── Data supplied
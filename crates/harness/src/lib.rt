// The C interface: the line for two texts, for either question, over byte slices and numbers. include/dzaghvori.h has a declaration and a
// comment for each function, and says what C itself must keep. Nothing is asked here.
#![tactic(auto)]

ghost use Rattle.std.specs.Prelude.{◌*◌, ◌≤◌};
ghost use Rattle.rules.specs.Numbers.{text_nodes_most};
ghost use Rattle.rules.specs.Pairs.{turns_most};
ghost use Rattle.rules.proofs.OwnAreas.{against_most};
ghost use Rattle.table.specs.declared.answers.Question.TheVariants.{MayReplace, IsCompatible};
ghost use Rattle.harness.specs.Told.{Told, Tells, TellsOwn};

use lines::line_of_texts;
use table::answers::{Question, Refusal};

// The areas for the largest texts, 64 nodes each: 2 × n × m, 2 × n × m, 4 × n × m.
const MARKS: usize = 8192;

const PATH: usize = 8192;

const SCRATCH: usize = 16384;

// And for 64 nodes and a dual of 128.
const DUAL_MARKS: usize = 16384;

const DUAL_PATH: usize = 16384;

const DUAL_SCRATCH: usize = 32768;

// What C is told: the line's length, 0 where there is none; and through `short` the position of the area that is too short, 0 where none is.
fn tell(written: Result<usize, Refusal>, short: &mut usize) -> usize
    ensures { Told written result short.new }
{
    match written {
        Ok(n) => {
            *short = 0;
            n
        }
        Err(refusal) => {
            *short = refusal.place;
            0
        }
    }
}

// The line for two texts, in marks, path and scratch of M, P and S elements.
fn line_in_own<const M: usize, const P: usize, const S: usize>(
    question: Question,
    new: &[u8],
    other: &[u8],
    line: &mut [u8],
    short: &mut usize,
) -> usize
    requires marks_long { turns_most * text_nodes_most * against_most question ≤ M }
    requires path_long { turns_most * text_nodes_most * against_most question ≤ P }
    requires scratch_long { 4 * text_nodes_most * against_most question ≤ S }
    requires on_stack { (M ≤ 65536) × (P ≤ 65536) × (S ≤ 65536) }
    ensures { TellsOwn question new.now other.now line.old line.new result short.new }
{
    let mut marks = [0u8; M];
    let mut path = [0u16; P];
    let mut scratch = [0u16; S];
    let written = line_of_texts(
        question,
        new,
        other,
        &mut marks,
        &mut path,
        &mut scratch,
        line,
    );
    tell(written, short)
}

// Whether the new text may replace the old one.
#[unsafe(no_mangle)]
pub extern "C" fn dzaghvori_verdict(
    new: &[u8],
    old: &[u8],
    marks: &mut [u8],
    path: &mut [u16],
    scratch: &mut [u16],
    line: &mut [u8],
    short: &mut usize,
) -> usize
    ensures { Tells MayReplace new.now old.now (record { lent = record { marks = marks.old; path = path.old; scratch = scratch.old }; line = line.old }) (record { lent = record { marks = marks.new; path = path.new; scratch = scratch.new }; line = line.new }) result short.new }
{
    let question = Question::MayReplace;
    let written = line_of_texts(question, new, old, marks, path, scratch, line);
    tell(written, short)
}

// Whether the new text is compatible with the other one.
#[unsafe(no_mangle)]
pub extern "C" fn dzaghvori_compatible(
    new: &[u8],
    other: &[u8],
    marks: &mut [u8],
    path: &mut [u16],
    scratch: &mut [u16],
    line: &mut [u8],
    short: &mut usize,
) -> usize
    ensures { Tells IsCompatible new.now other.now (record { lent = record { marks = marks.old; path = path.old; scratch = scratch.old }; line = line.old }) (record { lent = record { marks = marks.new; path = path.new; scratch = scratch.new }; line = line.new }) result short.new }
{
    let question = Question::IsCompatible;
    let written = line_of_texts(question, new, other, marks, path, scratch, line);
    tell(written, short)
}

// The same as the first, in marks, path and scratch of its own.
#[unsafe(no_mangle)]
pub extern "C" fn dzaghvori_verdict_own(
    new: &[u8],
    old: &[u8],
    line: &mut [u8],
    short: &mut usize,
) -> usize
    ensures { TellsOwn MayReplace new.now old.now line.old line.new result short.new }
{
    line_in_own::<MARKS, PATH, SCRATCH>(Question::MayReplace, new, old, line, short)
}

// The same as the second, in marks, path and scratch of its own.
#[unsafe(no_mangle)]
pub extern "C" fn dzaghvori_compatible_own(
    new: &[u8],
    other: &[u8],
    line: &mut [u8],
    short: &mut usize,
) -> usize
    ensures { TellsOwn IsCompatible new.now other.now line.old line.new result short.new }
{
    line_in_own::<DUAL_MARKS, DUAL_PATH, DUAL_SCRATCH>(
        Question::IsCompatible,
        new,
        other,
        line,
        short,
    )
}
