// What a size comes to; where it wins, that is kept.
#[cycle(expanding)]
fn weigh<M: Memo>(
    search: &mut Search,
    memo: &mut M,
    here: &Expansion,
    size: u16,
) -> Result<Weighed, VisitFault>
    requires whole { IsWhole here.now }
    requires sound { IsSound here.now.space.now here.now.pass search.old (M.entries memo.old) }
    requires from_size { IsOpenFrom here.now.space.now here.now.pass size search.old here.now.position.now }
    requires may_come { Packable here.now.space.now.game (here.now.position.now.items ++ size ∷ []) }
    requires behind { HasSpare here.now.space.now 1 search.old (M.entries memo.old) }
    ensures found { MatchResult result
        (HasWeighed here.now.space.now here.now.pass size here.now.position.now search.old search.new (M.entries memo.new))
        (Stops here.now.space.now here.now.pass search.old.meter.budget search.new) }
    ensures counts { KeepsCount here.now.space.now here.now.pass (sum here.now.position.now.items + 1)
        (progress search.old.meter (M.entries memo.old) (M.room memo.old))
        (progress search.new.meter (M.entries memo.new) (M.room memo.new)) result }
    ensures serves { IfOk result (λ weighed. KeepsServingTold here.now.space.now here.now.told here.now.position.now
        (taken_by weighed) search.old (M.entries memo.old) search.new (M.entries memo.new)
        (λ later. IsServedFor here.now.space.now here.now.pass later here.now.position.now size weighed)) }
{
    game_is_legal(&here.space.game);
    if !here.space.sizes.contains(size) {
        return Ok(Weighed::Unlisted);
    }
    if !allows(here.pass, &here.position.items, size) {
        return Ok(Weighed::NoReply);
    }
    if let Some(load) = skipped(here.space, here.told, here.position, size) {
        return Ok(kept(size, load, Verdict::Algorithm(FINISHES)));
    }
    match try_size(search, memo, here, size)? {
        Tried::Wins(placements) => {
            let number = keep_win(
                search.alloc,
                &mut search.wins,
                here.position,
                size,
                placements,
            )?;
            Ok(Weighed::Won(number))
        }
        Tried::Answered { load, verdict } => Ok(kept(size, load, verdict)),
    }
}

// The reply to a size, where the algorithm wins from there.
fn kept(size: u16, load: u16, verdict: Verdict) -> Weighed
    ensures { result ≡ kept_of size load verdict }
{
    match verdict {
        Verdict::Algorithm(to) => Weighed::Replied(Entry { size, load, to }),
        _ => Weighed::NoReply,
    }
}
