fn written(verb: Verb, cell: WrittenRef, amount: WrittenExpr) -> WrittenAct
    ensures { deed_of result ≡ Writes verb cell (view amount) }
{
    match verb {
        Verb::Add => WrittenAct::Add(cell, amount),
        Verb::Raise => WrittenAct::Raise(cell, amount),
        Verb::Set => WrittenAct::Set(cell, amount),
    }
}

/// What an action does.
fn act(alloc: Global, tokens: &[Token], end: usize) -> Result<(WrittenAct, &[Token]), SyntaxFault>
    ensures run { ReadsDeed end tokens.now (λ x. deed_of x.0) (λ x. x.1.now) result }
    ensures shorter { IfOk result (λ x. length x.1.now < length tokens.now) }
{
    let Some((token, rest)) = next(tokens) else {
        return Err(unexpected(tokens, end));
    };
    match doing_of(token.word) {
        Doing::Write(verb) => writing(alloc, verb, rest, end),
        Doing::Clear => {
            let (cell, rest) = cell(rest, end)?;
            Ok((WrittenAct::Clear(cell), rest))
        }
        Doing::Emit => {
            let (text, rest) = expect(rest, end, Word::Text)?;
            Ok((WrittenAct::Emit(span_of(text)), rest))
        }
        Doing::Flush => {
            let (family, rest) = name(rest, end)?;
            let (text, rest) = expect(rest, end, Word::Text)?;
            Ok((WrittenAct::Flush(family, span_of(text)), rest))
        }
        Doing::Other => Err(unexpected(tokens, end)),
    }
}

/// The guard of an action, if it has one.
fn guard(
    alloc: Global,
    tokens: &[Token],
    end: usize,
) -> Result<(Option<WrittenExpr>, &[Token]), SyntaxFault>
    ensures run { ReadsGuard end tokens.now (λ x. option_map view x.0) (λ x. x.1.now) result }
    ensures shorter { IfOk result (λ x. length x.1.now ≤ length tokens.now) }
{
    let Some((_, rest)) = take(tokens, Word::Reserved(Reserved::When)) else {
        return Ok((None, tokens));
    };
    let (guard, rest) = expression(alloc, rest, end, 0, 0)?;
    Ok((Some(guard), rest))
}

/// An action.
fn action(
    alloc: Global,
    tokens: &[Token],
    end: usize,
) -> Result<(WrittenAction, &[Token]), SyntaxFault>
    ensures run { ReadsAction end tokens.now (λ x. action_of x.0) (λ x. x.1.now) result }
    ensures shorter { IfOk result (λ x. length x.1.now < length tokens.now) }
{
    let at = place_of(tokens, end);
    let (act, rest) = act(alloc, tokens, end)?;
    let (guard, rest) = guard(alloc, rest, end)?;
    Ok((WrittenAction { at, act, guard }, rest))
}

/// Actions, with `;` between each two.
fn actions(
    alloc: Global,
    tokens: &[Token],
    end: usize,
) -> Result<(List<WrittenAction>, &[Token]), SyntaxFault>
    ensures run { ReadsActions end tokens.now (λ x. map action_of x.0) (λ x. x.1.now) result }
    ensures shorter { IfOk result (λ x. length x.1.now < length tokens.now) }
{
    let mut all = Vec::new(alloc);
    let mut rest = tokens;
    'each: loop {
        let (action, behind) = action(alloc, rest, end)?;
        all.push(action).map_err(|_| SyntaxFault::NoMemory)?;
        let Some((_, more)) = take(behind, Word::Mark(Mark::Semicolon)) else {
            return Ok((List::of(all), behind));
        };
        rest = more;
    }
}
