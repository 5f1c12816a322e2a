// Takings: what they say, what they store, and that a turn goes on from there.
use crate::works::{Call, NO_PLACE, ROOM, Written, begins_with, blank_book, says};
use books::{Entry, Kind};
use counting::Counter;
use histories::Verdict;
use keeping::{Engine, Keeping};
use samples::{ACCEPTED, SWAP, Said, TWO, held, off_candidates, said};
use search::Search;
use solver::Solver;
use std::alloc::Global;
use std::test::Fail;
use work::{Work, open};

// A list of candidates, and what is said.
type Taking = (&'static [u8], Said);

// The case and its places, the takings, the entries that they store, the verdict of a turn after them, and how many clauses and
// literals the solver holds then: those of the case without its start clauses, and one clause for each entry.
type Row = (
    &'static [u8],
    usize,
    &'static [Taking],
    &'static [Written],
    Verdict,
    (usize, usize),
);

const OFF_0: Written = (Kind::Taken, 1, 0, 0);

const OFF_1: Written = (Kind::Taken, 2, 0, 0);

const ROWS: &[Row] = &[
    // relay 0 is off, relay 1 is off, relay 0 is on, which is false at the start; in list order
    (
        &SWAP,
        4,
        &[(&[1, 1, 1, 3, 1, 0], ACCEPTED)],
        &[OFF_0, OFF_1],
        Verdict::Holds,
        (6, 10),
    ),
    (
        &SWAP,
        2,
        &[(&[1, 0, 1, 3, 1, 1], ACCEPTED)],
        &[OFF_1, OFF_0],
        Verdict::Holds,
        (6, 10),
    ),
    // alone it falls, also twice; an empty list, and the empty clause, which is false at the start
    (
        &SWAP,
        4,
        &[(&[1, 1], ACCEPTED)],
        &[],
        Verdict::Holds,
        (4, 8),
    ),
    (
        &SWAP,
        4,
        &[(&[1, 1, 1, 1], ACCEPTED)],
        &[],
        Verdict::Holds,
        (4, 8),
    ),
    (&SWAP, 4, &[(&[], ACCEPTED)], &[], Verdict::Holds, (4, 8)),
    (&SWAP, 4, &[(&[0], ACCEPTED)], &[], Verdict::Holds, (4, 8)),
    (
        &SWAP,
        4,
        &[(&[0, 1, 1], ACCEPTED)],
        &[],
        Verdict::Holds,
        (4, 8),
    ),
    // one that stands twice is stored twice
    (
        &SWAP,
        4,
        &[(&[1, 1, 1, 3, 1, 1], ACCEPTED)],
        &[OFF_0, OFF_1, OFF_0],
        Verdict::Holds,
        (7, 11),
    ),
    // relay 1 is on where relay 0 is, the other way round, and one of the two is off
    (
        &SWAP,
        3,
        &[(&[2, 1, 2, 2, 0, 3, 2, 1, 3], ACCEPTED)],
        &[
            (Kind::Taken, 3, 2, 0),
            (Kind::Taken, 3, 1, 0),
            (Kind::Taken, 3, 0, 0),
        ],
        Verdict::Holds,
        (7, 14),
    ),
    // a later taking is relative to what an earlier one stored
    (
        &SWAP,
        4,
        &[
            (&[1, 1], ACCEPTED),
            (&[1, 1, 1, 3], ACCEPTED),
            (&[1, 1], ACCEPTED),
        ],
        &[OFF_0, OFF_1, OFF_0],
        Verdict::Holds,
        (7, 11),
    ),
    // too few places, none at all, and just enough
    (
        &SWAP,
        1,
        &[(&[1, 1, 1, 3], NO_PLACE)],
        &[],
        Verdict::Holds,
        (4, 8),
    ),
    (
        &SWAP,
        0,
        &[(&[2, 1, 3], NO_PLACE), (&[1, 1], ACCEPTED), (&[], ACCEPTED)],
        &[],
        Verdict::Holds,
        (4, 8),
    ),
    (
        &SWAP,
        3,
        &[
            (&[1, 1, 1, 3], ACCEPTED),
            (&[1, 1, 1, 3], NO_PLACE),
            (&[1, 3], ACCEPTED),
            (&[1, 3], NO_PLACE),
        ],
        &[OFF_0, OFF_1, OFF_1],
        Verdict::Holds,
        (7, 11),
    ),
    // lists that are refused: past the end, no relay, a relay again; a fault comes before the want of a place
    (
        &SWAP,
        0,
        &[
            (&[1, 1, 1, 3, 1], Err((1, 17, 4))),
            (&[1, 1, 1, 4], Err((1, 18, 3))),
            (&[1, 0x40], Err((1, 18, 1))),
            (&[2, 1, 0], Err((1, 19, 2))),
        ],
        &[],
        Verdict::Holds,
        (4, 8),
    ),
    // relay 1 is off stays alone, and then a turn finds nothing
    (
        &TWO,
        4,
        &[(&[1, 3], ACCEPTED)],
        &[OFF_1],
        Verdict::Holds,
        (6, 10),
    ),
    // relay 0 is off falls alone, though it is the safety clause, and stays beside the other
    (
        &TWO,
        4,
        &[(&[1, 1, 1, 3], ACCEPTED)],
        &[OFF_0, OFF_1],
        Verdict::Holds,
        (7, 11),
    ),
    (
        &TWO,
        0,
        &[(&[1, 1], ACCEPTED), (&[1, 3], NO_PLACE)],
        &[],
        Verdict::Undecided,
        (0, 0),
    ),
    // relay 1 is on where relay 0 is: stays, and the turn finds another
    (
        &TWO,
        1,
        &[(&[2, 1, 2], ACCEPTED)],
        &[(Kind::Taken, 3, 2, 0)],
        Verdict::Undecided,
        (0, 0),
    ),
    (
        &TWO,
        2,
        &[(&[2, 1, 2], ACCEPTED)],
        &[(Kind::Taken, 3, 2, 0)],
        Verdict::Undecided,
        (0, 0),
    ),
    (
        &TWO,
        4,
        &[(&[1, 0, 1, 2], ACCEPTED)],
        &[],
        Verdict::Undecided,
        (0, 0),
    ),
    (&TWO, 4, &[], &[], Verdict::Undecided, (0, 0)),
];

// Whether the takings say what the row says, and a turn goes on from there, of a work that was opened.
fn goes_on<S: Solver>(
    heap: Global,
    work: &mut Work,
    solver: &mut S,
    book: &mut [Entry],
    row: &Row,
) -> bool {
    let (_bytes, places, takings, entries, verdict, holds) = *row;
    let takes = takings.iter().all(|(listed, expected)| says(
        heap,
        work,
        solver,
        book,
        Call::Take(listed),
        *expected,
    ));
    let used = entries.len();
    let stored = work.look().used == used && begins_with(book, entries);
    let full = verdict == Verdict::Undecided && used == places;
    let turn = if full { NO_PLACE } else { ACCEPTED };
    let turns = says(heap, work, solver, book, Call::Turn, turn);
    takes && stored && turns && work.look().verdict == verdict && held(solver) == holds
}

// The same, from opening to closing.
fn takes<S: Solver>(heap: Global, solver: &mut S, row: &Row) -> Option<bool> {
    let mut book = blank_book(heap, row.1).ok()?;
    let mut work = open(heap, row.0, solver, row.1).ok()?;
    let right = goes_on(heap, &mut work, solver, book.as_mut_slice(), row);
    work.close().put_away();
    Some(right)
}

// How many candidates that relay 0 or relay 1 is off, in turn, how many places, what is said, and how many are used then; and what
// the solver holds after a turn.
type ManyRow = (usize, usize, Said, usize, (usize, usize));

const MANY_ROWS: &[ManyRow] = &[
    (511, 511, ACCEPTED, 511, (515, 519)),
    (512, 512, ACCEPTED, 512, (516, 520)),
    (512, 513, ACCEPTED, 512, (516, 520)),
    (512, 511, NO_PLACE, 0, (4, 8)),
    (512, 0, NO_PLACE, 0, (4, 8)),
    (513, 600, Err((3, 21, 1024)), 0, (4, 8)),
    (513, 0, Err((3, 21, 1024)), 0, (4, 8)),
];

// Whether a taking of so many goes as the row says, and a turn then holds.
fn takes_many<S: Solver>(heap: Global, solver: &mut S, row: &ManyRow) -> Option<bool> {
    let (count, places, expected, stored, holds) = *row;
    let listed = off_candidates(heap, 2, count)?;
    let mut book = blank_book(heap, places).ok()?;
    let mut work = open(heap, &SWAP, solver, places).ok()?;
    let answer = said(work.take(solver, book.as_mut_slice(), listed.as_slice()));
    let takes = answer == expected && work.look().used == stored && held(solver) == (0, 0);
    let turns = work.turn(solver, book.as_mut_slice()) == Ok(());
    let decides = work.look().verdict == Verdict::Holds && held(solver) == holds;
    work.close().put_away();
    Some(takes && turns && decides)
}

// The first row that goes otherwise.
fn first_few<S: Solver>(heap: Global, solver: &mut S) -> Option<usize> {
    for (number, row) in ROWS.iter().enumerate() {
        if takes(heap, solver, row) != Some(true) {
            return Some(number);
        }
    }
    None
}

// The first row of each table that goes otherwise.
fn first_wrong<E: Engine>(heap: Global) -> Result<(Option<usize>, Option<usize>), Fail> {
    let mut solver = Keeping::<E>::new(heap, ROOM)?;
    let few = first_few(heap, &mut solver);
    let many = MANY_ROWS
        .iter()
        .position(|row| takes_many(heap, &mut solver, row) != Some(true));
    Ok((few, many))
}

#[test]
fn counting_takes(rt: HostRuntime) -> Result<(), Fail> {
    assert_eq!(rt; first_wrong::<Counter>(rt.alloc())?, (None, None));
    Ok(())
}

#[test]
fn propagating_takes(rt: HostRuntime) -> Result<(), Fail> {
    assert_eq!(rt; first_wrong::<Search>(rt.alloc())?, (None, None));
    Ok(())
}
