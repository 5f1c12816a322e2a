// Works, run, as tables with values worked out by hand: cases judged, takings, what calls and readings refuse and in which order, the
// rules of entries, the room that opening needs, and lists of calls. Tables stand behind references: as arrays, most of these were
// built row by row in the proof of each function that names one.
#![tactic(auto)]

#[cfg(test)]
mod interleaved;
#[cfg(test)]
mod judged;
#[cfg(test)]
mod reads;
#[cfg(test)]
mod refusals;
#[cfg(test)]
mod rooms;
#[cfg(test)]
mod rules;
#[cfg(test)]
mod seven;
#[cfg(test)]
mod takings;
#[cfg(test)]
mod works;
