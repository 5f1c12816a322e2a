// What the tables of the work share: books, room for a small case, entries as tuples, and calls with what they say.
use books::{Entry, Kind};
use histories::Verdict;
use samples::{Said, held, said};
use solver::{Capacity, Solver};
use std::alloc::{AllocError, Global};
use work::Work;

// Room for every case of these tables with the places that it gets, but for the largest book.
pub const ROOM: Capacity = Capacity {
    clauses: 1200,
    literals: 20000,
};

// What a call says after a verdict.
pub const DECIDED: Said = Err((3, 41, 0));

// What a call says where the book has another number of places.
pub const SIZE: Said = Err((3, 42, 0));

// What a call says where no place is free.
pub const NO_PLACE: Said = Err((3, 43, 0));

// Kind, first, second and third of an entry.
pub type Written = (Kind, u32, u32, u16);

// The entry that a tuple stands for.
pub fn entry_of(written: Written) -> Entry {
    let (kind, first, second, third) = written;
    Entry {
        kind,
        first,
        second,
        third,
    }
}

// A book of so many blank places.
pub fn blank_book(heap: Global, places: usize) -> Result<Vec<Entry>, AllocError> {
    vec![in heap; Entry::blank(); places]
}

// Writes the entries over the book from the place on.
pub fn write_entries(book: &mut [Entry], at: usize, entries: &[Written]) {
    for (place, written) in book.iter_mut().skip(at).zip(entries) {
        *place = entry_of(*written);
    }
}

// Whether the book begins with the entries.
pub fn begins_with(book: &[Entry], entries: &[Written]) -> bool {
    entries.len() <= book.len()
        && book
            .iter()
            .zip(entries)
            .all(|(entry, written)| *entry == entry_of(*written))
}

// A call on an open work.
#[derive(Clone, Copy)]
pub enum Call {
    // A turn.
    Turn,
    // A taking of these candidates.
    Take(&'static [u8]),
}

// What the call says.
pub fn make<S: Solver>(work: &mut Work, solver: &mut S, book: &mut [Entry], asked: Call) -> Said {
    said(match asked {
        Call::Turn => work.turn(solver, book),
        Call::Take(listed) => work.take(solver, book, listed),
    })
}

// Whether a call with a solver that holds some clause says this. Refused, it leaves work and book, and what the solver holds
// unless it is for want of a place. Otherwise the solver holds nothing, unless the verdict is that the case holds.
pub fn says<S: Solver>(
    heap: Global,
    work: &mut Work,
    solver: &mut S,
    book: &mut [Entry],
    asked: Call,
    expected: Said,
) -> bool {
    let Ok(copy) = Vec::from_slice(heap, book) else {
        return false;
    };
    solver.wipe();
    let loaded = solver.add(&[255]).is_ok() && solver.add(&[0, 3]).is_ok();
    let before = (work.look(), held(solver));
    let answer = make(work, solver, book, asked);
    let left = answer.is_ok() || (work.look() == before.0 && *book == *copy.as_slice());
    let holds = match answer {
        Ok(()) => work.look().verdict == Verdict::Holds || held(solver) == (0, 0),
        Err((3, 43, 0)) => held(solver) == (0, 0),
        Err(_) => held(solver) == before.1,
    };
    loaded && answer == expected && left && holds
}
────
■ Task: Take the lines from the top of the data through the one that contains "4 * text_nodes_most" and copy them exactly, leaving out every line after it.

■ Your solution:
filename crates/harness/src/lib.rt
// The C interface: the line for two texts, for either question, over byte slices and numbers. include/dzaghvori.h has a declaration and a
// comment for each function, and says what C itself must keep. Nothing is asked here.
#![tactic(auto)]

ghost use Rattle.std.specs.Prelude.{◌*◌, ◌≤◌};
ghost use Rattle.rules.specs.Numbers.{text_nodes_most};
ghost use Rattle.rules.specs.Pairs.{turns_most};
ghost use Rattle.rules.proofs.OwnAreas.{against_most};
ghost use Rattle.table.specs.declared.answers.Question.TheVariants.{MayReplace, IsCompatible};
ghost use Rattle.harness.specs.Told.{Told, Tells, TellsOwn};

use lines::line_of_texts;
use table::answers::{Question, Refusal};

// The areas for the largest texts, 64 nodes each: 2 × n × m, 2 × n × m, 4 × n × m.
const MARKS: usize = 8192;

const PATH: usize = 8192;

const SCRATCH: usize = 16384;

// And for 64 nodes and a dual of 128.
const DUAL_MARKS: usize = 16384;

const DUAL_PATH: usize = 16384;

const DUAL_SCRATCH: usize = 32768;

// What C is told: the line's length, 0 where there is none; and through `short` the position of the area that is too short, 0 where none is.
fn tell(written: Result<usize, Refusal>, short: &mut usize) -> usize
    ensures { Told written result short.new }
{
    match written {
        Ok(n) => {
            *short = 0;
            n
        }
        Err(refusal) => {
            *short = refusal.place;
            0
        }
    }
}

// The line for two texts, in marks, path and scratch of M, P and S elements.
fn line_in_own<const M: usize, const P: usize, const S: usize>(
    question: Question,
    new: &[u8],
    other: &[u8],
    line: &mut [u8],
    short: &mut usize,
) -> usize
    requires marks_long { turns_most * text_nodes_most * against_most question ≤ M }
    requires path_long { turns_most * text_nodes_most * against_most question ≤ P }
    requires scratch_long { 4 * text_nodes_most * against_most question ≤ S }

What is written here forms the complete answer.